The Spotify Political ads resumption is in a report from Protocol, and a company spokesperson proceeded to confirm the development. At the same time, Spotify published a statement announcing a more rigorous form of vetting ad data before placing ads on its service. Thus solving that verification problem reported in 2019.

After 30 months, the approach of the midterm elections and they estimated the ad spend at 7.8 billion. The entertainment service reconsidered its measures, according to several emails sent to potential customers. Although the report mentions that they will give these spaces to political parties, candidates, and PACs, refraining from doing the same with issue-related groups.

Spotify Political Ads

An attached presentation indicates to potential clients the ability to segment the indicated niche through AI-Driven “Contextual targeting” that allows placing podcast ads with topics relevant to their target audiences.

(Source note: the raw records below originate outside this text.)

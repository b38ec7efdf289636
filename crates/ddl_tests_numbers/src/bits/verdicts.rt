ghost use Rattle.ddl_bits.specs.Accepted.{PartAccepted, PartsAccepted};
ghost use Rattle.ddl_bits.specs.Verdict.{HasAcceptedParts};
ghost use Rattle.ddl_bits.specs.View.{con_view, layout_view, part_view};
ghost use Rattle.std.specs.Prelude.{IfOk};

use super::error;
use ddl_base::{Bytes, NoMemory};
use ddl_bits::{BitError, Gap, Layout, LayoutCon, LayoutPart, check, covered, fits};
use ddl_samples::layouts::{alone, any, any_of_three, either, given, one, two};
use std::alloc::Global;

// a = 0b0; b = 0b00
fn of_two_widths(alloc: Global) -> Result<Layout, NoMemory>
    ensures { IfOk result (λ l. HasAcceptedParts (layout_view l)) }
{
    either(alloc, one(alloc, given(0, 1))?, one(alloc, given(0, 2))?)
}

// { x : uint 128, y : uint 1 }
fn of_129_bits(alloc: Global) -> Result<Layout, NoMemory>
    ensures { IfOk result (λ l. HasAcceptedParts (layout_view l)) }
{
    alone(alloc, two(alloc, any(128), any(1))?)
}

// a = { 0b0, _ : uint 1 }; b = 0b00
fn with_the_least_shared(alloc: Global) -> Result<Layout, NoMemory>
    ensures { IfOk result (λ l. HasAcceptedParts (layout_view l)) }
{
    either(
        alloc,
        two(alloc, given(0, 1), any(1))?,
        one(alloc, given(0, 2))?,
    )
}

// 128 ones; { _ : uint 64, 64 ones }
fn with_the_greatest_shared(alloc: Global) -> Result<Layout, NoMemory>
    ensures { IfOk result (λ l. HasAcceptedParts (layout_view l)) }
{
    either(
        alloc,
        one(alloc, given(u128::MAX, 128))?,
        two(alloc, any(64), given(0xffff_ffff_ffff_ffff, 64))?,
    )
}

// { _ : uint 127, 0b0 }; { _ : uint 127, 0b1 }
fn told_apart_by_the_last_bit(alloc: Global) -> Result<Layout, NoMemory>
    ensures { IfOk result (λ l. HasAcceptedParts (layout_view l)) }
{
    either(
        alloc,
        two(alloc, any(127), given(0, 1))?,
        two(alloc, any(127), given(1, 1))?,
    )
}

// a = { 0b0, _ : uint 1 }; b = 0b10
fn without_three(alloc: Global) -> Result<Layout, NoMemory>
    ensures { IfOk result (λ l. HasAcceptedParts (layout_view l)) }
{
    either(
        alloc,
        two(alloc, given(0, 1), any(1))?,
        one(alloc, given(2, 2))?,
    )
}

// a = { 0b01, _ : uint 2 }; b = { _ : uint 1, 0b110 }
fn with_six_shared(alloc: Global) -> Result<Layout, NoMemory>
    ensures { IfOk result (λ l. HasAcceptedParts (layout_view l)) }
{
    either(
        alloc,
        two(alloc, given(1, 2), any(2))?,
        two(alloc, any(1), given(6, 3))?,
    )
}

// a = 0b00; b = 0b01; c = 0b10
fn of_three_numbers(alloc: Global) -> Result<Layout, NoMemory>
    ensures { IfOk result (λ l. HasAcceptedParts (layout_view l)) }
{
    any_of_three(
        alloc,
        one(alloc, given(0, 2))?,
        one(alloc, given(1, 2))?,
        one(alloc, given(2, 2))?,
    )
}

#[test]
fn layouts_are_refused_for_their_first_error(rt: HostRuntime) -> Result<(), NoMemory> {
    let alloc = rt.alloc();
    assert_eq!(rt;
        error(alloc, of_two_widths(alloc)?),
        Some(BitError::Widths(0, 1))
    );
    assert_eq!(rt;
        error(alloc, of_129_bits(alloc)?),
        Some(BitError::TooWide(0))
    );
    assert_eq!(rt;
        error(alloc, with_the_least_shared(alloc)?),
        Some(BitError::Overlap(0, 1, 0))
    );
    assert_eq!(rt;
        error(alloc, with_the_greatest_shared(alloc)?),
        Some(BitError::Overlap(0, 1, u128::MAX))
    );
    assert_eq!(rt;
        error(alloc, with_six_shared(alloc)?),
        Some(BitError::Overlap(0, 1, 6))
    );
    assert_eq!(rt; error(alloc, told_apart_by_the_last_bit(alloc)?), None);
    Ok(())
}

#[test]
fn numbers_fit_or_are_left_out(rt: HostRuntime) -> Result<(), NoMemory> {
    let alloc = rt.alloc();
    match check(alloc, without_three(alloc)?) {
        Err(_) => panic!(rt; "refused"),
        Ok(pair) => {
            assert_eq!(rt; fits(&pair, 1), Some(0));
            assert_eq!(rt; fits(&pair, 2), Some(1));
            assert_eq!(rt; fits(&pair, 3), None);
            assert_eq!(rt; covered(&pair), Err(Gap::Number(3)));
        }
    }
    match check(alloc, told_apart_by_the_last_bit(alloc)?) {
        Err(_) => panic!(rt; "refused"),
        Ok(whole) => {
            assert_eq!(rt; fits(&whole, u128::MAX), Some(1));
            assert_eq!(rt; covered(&whole), Ok(()));
        }
    }
    Ok(())
}

#[test]
fn the_least_number_left_out_is_found(rt: HostRuntime) -> Result<(), NoMemory> {
    match check(rt.alloc(), of_three_numbers(rt.alloc())?) {
        Err(_error) => panic!(rt; "refused"),
        Ok(three) => {
            assert_eq!(rt; fits(&three, 2), Some(2));
            assert_eq!(rt; fits(&three, 4), None);
            assert_eq!(rt; covered(&three), Err(Gap::Number(3)));
        }
    }
    Ok(())
}

fn flag(place: u32, bit: u128) -> LayoutPart
    ensures { PartAccepted (part_view result) }
{
    if place % 2 == 0 {
        given(bit, 1)
    } else {
        any(1)
    }
}

/// 64 flags of a bit, the first and each second one given as this bit, and the others any.
#[tactic(auto, using(ddl_bits::proofs::Layers::layers, ddl_bits::proofs::Built::part_pushed))]
fn flags(alloc: Global, bit: u128) -> Result<LayoutCon, NoMemory>
    ensures { IfOk result (λ c. PartsAccepted (con_view c)) }
{
    let mut parts = Vec::new(alloc);
    for place in 0..64 {
        let part = flag(place, bit);
        parts.push(part)?;
    }
    Ok(LayoutCon {
        name: Bytes::of(alloc, b"flags")?,
        parts,
    })
}

// Two constructors of 64 flags, whose given flags are all clear in the one and all set in the other.
#[test]
fn flags_are_told_apart_one_by_one(rt: HostRuntime) -> Result<(), NoMemory> {
    let alloc = rt.alloc();
    match check(alloc, either(alloc, flags(alloc, 0)?, flags(alloc, 1)?)?) {
        Err(_error) => panic!(rt; "refused"),
        Ok(pair) => {
            assert_eq!(rt; fits(&pair, 0x5555_5555_5555_5555), Some(0));
            assert_eq!(rt; fits(&pair, 0xaaaa_aaaa_aaaa_aaaa), Some(1));
            assert_eq!(rt; covered(&pair), Err(Gap::Number(2)));
        }
    }
    let with_any = either(alloc, one(alloc, any(64))?, flags(alloc, 1)?)?;
    assert_eq!(rt;
        error(alloc, with_any),
        Some(BitError::Overlap(0, 1, 0xaaaa_aaaa_aaaa_aaaa))
    );
    Ok(())
}
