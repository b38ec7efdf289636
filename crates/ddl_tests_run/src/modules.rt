ghost use Rattle.std.specs.Prelude.{◌≡◌, IfOk};

use ddl_base::Bytes;
use ddl_modules::{LoadError, load};
use ddl_outside::MemFiles;
use ddl_tree::SourceUnit;
use std::alloc::Global;
use std::str;
use std::test::Fail;

/// A name behind what stands there.
fn push_name(text: &mut String, name: &Bytes) -> Result<(), Fail> {
    text.push_str(" ")?;
    text.push_str(str::from_utf8(name.get())?)?;
    Ok(())
}

/// The names of modules, one behind the other.
fn push_names(text: &mut String, names: &[Bytes]) -> Result<(), Fail> {
    for name in names {
        push_name(text, name)?;
    }
    Ok(())
}

/// The names of units, each with the numbers of those that it imports.
fn shown(alloc: Global, units: &[SourceUnit]) -> Result<String, Fail> {
    let mut text = String::new(alloc);
    for unit in units {
        push_name(&mut text, &unit.name)?;
        let imports = format!(in alloc; "{:?}", unit.imports)?;
        text.push_str(imports.as_str())?;
    }
    Ok(text)
}

/// What was answered, in words.
fn told(alloc: Global, answer: Result<Vec<SourceUnit>, LoadError>) -> Result<String, Fail> {
    match answer {
        Ok(units) => shown(alloc, &units),
        Err(LoadError::Missing(file)) => {
            let mut text = format!(in alloc; "missing")?;
            push_name(&mut text, &file)?;
            Ok(text)
        }
        Err(LoadError::TooMany { importer, span }) => {
            let mut text = format!(in alloc; "too many at {span:?}")?;
            push_name(&mut text, &importer)?;
            Ok(text)
        }
        Err(LoadError::Cycle { span, modules }) => {
            let mut text = format!(in alloc; "cycle at {span:?}")?;
            push_names(&mut text, &modules)?;
            Ok(text)
        }
        Err(error) => Ok(format!(in alloc; "{error}")?),
    }
}

/// Modules by their files, and what the root `d/A` answers.
const ROWS: [(&str, &str, &str); 7] = [
    (
        "import B\nimport Prelude\nimport C\ndef Main = UInt8",
        "import C",
        " Prelude[] A[2, 0, 3] B[3] C[]",
    ),
    (
        "import B\ndef Main = UInt8",
        "import A",
        "cycle at Span { module: 1, from: 7, to: 8 } A B",
    ),
    (
        "import C\nimport B",
        "import B",
        "cycle at Span { module: 3, from: 7, to: 8 } B",
    ),
    ("import B\nimport B", "", " Prelude[] A[2, 2] B[]"),
    (
        "import A",
        "",
        "cycle at Span { module: 1, from: 7, to: 8 } A",
    ),
    ("import D", "", "missing d/D.ddl"),
    ("import", "", "unexpected token 1"),
];

#[test]
fn modules_are_loaded(rt: HostRuntime) -> Result<(), Fail> {
    let alloc = rt.alloc();
    for (a, b, want) in &ROWS {
        let mut files = MemFiles::new(alloc);
        files.add("d/A.ddl", a.as_bytes().to_vec(alloc)?)?;
        files.add("d/B.ddl", b.as_bytes().to_vec(alloc)?)?;
        files.add("d/C.ddl", Vec::new(alloc))?;
        let answer = load(alloc, &mut files, "d/A");
        let text = told(alloc, answer)?;
        assert_eq!(rt; text.as_str(), *want);
    }
    Ok(())
}

/// A load of three modules asks for a length and for bytes three times.
#[test]
fn each_failing_call_is_told(rt: HostRuntime) -> Result<(), Fail> {
    let alloc = rt.alloc();
    for call in 1u64..=7 {
        let mut files = MemFiles::new(alloc);
        files.add("A.ddl", b"import B".to_vec(alloc)?)?;
        files.add("B.ddl", b"import C".to_vec(alloc)?)?;
        files.add("C.ddl", b"def Main = UInt8".to_vec(alloc)?)?;
        files.fail_at(call)?;
        let answer = load(alloc, &mut files, "A");
        let text = told(alloc, answer)?;
        let want = if call <= 6 {
            "reading failed"
        } else {
            " Prelude[] A[2] B[3] C[]"
        };
        assert_eq!(rt; text.as_str(), want);
    }
    Ok(())
}

/// 256 modules, each of which imports the next, and the last this one.
fn chain(alloc: Global, last: u32) -> Result<MemFiles, Fail>
    ensures { IfOk result (λ files. files.calls ≡ 0) }
{
    let mut files = MemFiles::new(alloc);
    for number in 1u32..=256 {
        let next = if number < 256 { number + 1 } else { last };
        let file = format!(in alloc; "M{number}.ddl")?;
        let text = format!(in alloc; "import M{next}")?;
        files.add(file.as_str(), text.as_bytes().to_vec(alloc)?)?;
    }
    Ok(files)
}

#[test]
fn module_257_is_refused(rt: HostRuntime) -> Result<(), Fail> {
    let alloc = rt.alloc();
    let mut files = chain(alloc, 257)?;
    let answer = load(alloc, &mut files, "M1");
    let text = told(alloc, answer)?;
    assert_eq!(rt;
        text.as_str(),
        "too many at Span { module: 256, from: 7, to: 11 } M256"
    );
    Ok(())
}

#[test]
fn a_cycle_of_256_modules_is_told(rt: HostRuntime) -> Result<(), Fail> {
    let alloc = rt.alloc();
    let mut files = chain(alloc, 1)?;
    let answer = load(alloc, &mut files, "M1");
    let text = told(alloc, answer)?;
    let mut want = format!(in alloc; "cycle at Span {{ module: 1, from: 7, to: 9 }}")?;
    for number in 1u32..=256 {
        let name = format!(in alloc; " M{number}")?;
        want.push_str(name.as_str())?;
    }
    assert_eq!(rt; text.as_str(), want.as_str());
    Ok(())
}

/// So many bytes: an import of this module, and spaces.
fn padded(alloc: Global, import: &str, length: usize) -> Result<Vec<u8>, Fail> {
    let mut bytes = import.as_bytes().to_vec(alloc)?;
    bytes.resize(length, b' ')?;
    Ok(bytes)
}

/// Four modules of 2^22 bytes each, one of which may have more, and one of so many bytes behind them.
#[test]
fn lengths_are_limited(rt: HostRuntime) -> Result<(), Fail> {
    let alloc = rt.alloc();
    let most: usize = 1 << 22;
    for (first, last, want) in [
        (most, 0, " Prelude[] A[2] B[3] C[4] D[5] E[]"),
        (most, 1, "too large: 1 bytes"),
        (most + 1, 0, "too large: 4194305 bytes"),
    ] {
        let mut files = MemFiles::new(alloc);
        files.add("A.ddl", padded(alloc, "import B", first)?)?;
        files.add("B.ddl", padded(alloc, "import C", most)?)?;
        files.add("C.ddl", padded(alloc, "import D", most)?)?;
        files.add("D.ddl", padded(alloc, "import E", most)?)?;
        files.add("E.ddl", padded(alloc, "", last)?)?;
        let answer = load(alloc, &mut files, "A");
        let text = told(alloc, answer)?;
        assert_eq!(rt; text.as_str(), want);
    }
    Ok(())
}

“Following our pause of political ads in early 2020, we have spent the past two years strengthening and enhancing our processes, systems and tools to responsibly validate and review this content. We are now beginning to sell select political advertisements in opted-in third-party podcasts via the Spotify Audience Network in the U.S.”

Erin Styles, Spotify Head of Publishing

Opinions regarding the resumption of political ads are very divided, there are those who both criticize the measure and those who fervently approve of it. This also contributes to the enormous controversy intensified with the Joe Rogan show. Political advertising is presumably too lucrative a business to take a truly definitive stance against it, so listeners will just have to suffer through another election season.